Les entreprises à profit social ont toujours moins de temps pour leur mission première : répondre à des besoins sociaux et sociétaux. L’ironie du sort est qu’il n’a jamais été autant question de simplification administrative que durant cette législature. C’est pourquoi l’Unisoc demande au Parlement mais aussi certainement au prochain gouvernement fédéral que, dans les différents processus décisionnels, ils entendent la voix du secteur à profit social pour éviter que soient adoptées des réglementations insuffisamment pensées.

Il faut cesser d’assaillir les associations et leur permettre de se concentrer sur leur raison d’être : offrir des services de qualité à celles et ceux qui en ont le plus besoin !
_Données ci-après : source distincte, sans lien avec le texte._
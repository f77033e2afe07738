//! A ring of bytes.
ghost use Rattle.std.specs.Prelude.{◌≡◌, ◌≤◌, ◌<◌, ◌+◌, ◌-◌, ◌^◌, ◌++◌, ◌∷◌, [], length, take, drop, slice_get, ℕ, Bool, List, IfOk, IfSome, map};
ghost use Rattle.byteorder.specs.Endian.{little_bytes};
ghost use Rattle.bpf_entries.specs.declared.entry.Entry.{Entry};
ghost use Rattle.bpf_entries.specs.Before.{byte_before as byte_before_by, depth_before as depth_before_by};
ghost use Rattle.bpf_entries.specs.Fields.{FitsFields};
ghost use Rattle.bpf_entries.specs.Texts.{kind, tag, text};
ghost use Rattle.bpf_entries.specs.Weights.{greatest_weight};
ghost use Rattle.bpf_machine.specs.Moves.{HasComeBy, Leads, overwritten};
ghost use Rattle.bpf_steps.specs.State.{State};
ghost use Rattle.bpf_machine.specs.declared.moves.Move.{Move};
ghost use Rattle.bpf_entries.specs.Keeping.{IsSize, Kept};
ghost use Rattle.bpf_ring.specs.Moments.{beside};
ghost use Rattle.bpf_ring.specs.Held.{IsHeld};
ghost use Rattle.bpf_ring.specs.Left.{Left};
ghost use Rattle.bpf_ring.specs.Recorded.{CanRecord, Records};
ghost use Rattle.bpf_ring.specs.Runs.{GoesOn};
ghost use Rattle.bpf_ring.specs.Taking.{Reverts};
ghost use Rattle.bpf_ring.specs.Ways.{EndsWay, HandsBack, HasText, IsWay, Made, kept_by};

use crate::backward::{Handed, Stays, hand_texts};
use crate::block::{fill, place, write_around, write_in_place};
use crate::counts::Counts;
use crate::keeper::text_len;
use crate::run::{Span, drop_in_place};
use bpf_entries::weights::GREATEST;
use bpf_entries::{byte_before, depth_before};
use bpf_machine::{Change, Cpu};
use byteorder::{ByteOrder, LittleEndian};
use circular_buffer::HeapCircularBuffer;
use std::alloc::{AllocError, Global};
use std::marker::Model;

/// A ring of bytes of a fixed size, 1,024 to 16,777,216. Its block is taken once, when it is
/// opened. No other call takes memory.
#[derive(Drop)]
pub struct Ring {
    /// The block, never turned. It is filled as the bytes get on in it: past their end, until it is
    /// full.
    buffer: HeapCircularBuffer<u8>,
    /// The place of the oldest byte in it.
    first: usize,
    /// How many bytes there are.
    len: usize,
}

impl Model for Ring {
    ghost use Rattle.std.specs.Prelude.{◌+◌, ◌<◌, ◌≤◌, length};
    ghost use Rattle.bpf_entries.specs.Keeping.{IsSize};
    ghost use Rattle.bpf_ring.specs.Blocks.{Content, around};

    ghost Value = { Content };

    ghost view = { λ r. record { size = r.buffer.capacity; bytes = around r.buffer.items r.first r.len } };

    ghost invariant = { λ r. record {
      held : length r.buffer.items ≤ r.buffer.capacity;
      within : r.first < length r.buffer.items;
      fits : r.len ≤ length r.buffer.items;
      filled : length r.buffer.items < r.buffer.capacity → r.first + r.len < length r.buffer.items;
      sized : IsSize r.buffer.capacity;
    } };
}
(1) Le secteur à profit social, ce sont les hôpitaux, les mutualités, les maisons de repos, les crèches, les entreprises de travail adapté pour personnes handicapées, les associations socioculturelles (centres culturels, organisations de jeunesse, associations d’éducation permanente, ONG, etc.), l’enseignement ou encore les organisations d’action sociale. Cela représente plus de 30 000 associations (occupant plus de 700 000 travailleurs) représentées au niveau fédéral par l’Unisoc qui propose des services visant à rencontrer des besoins d’intérêt général.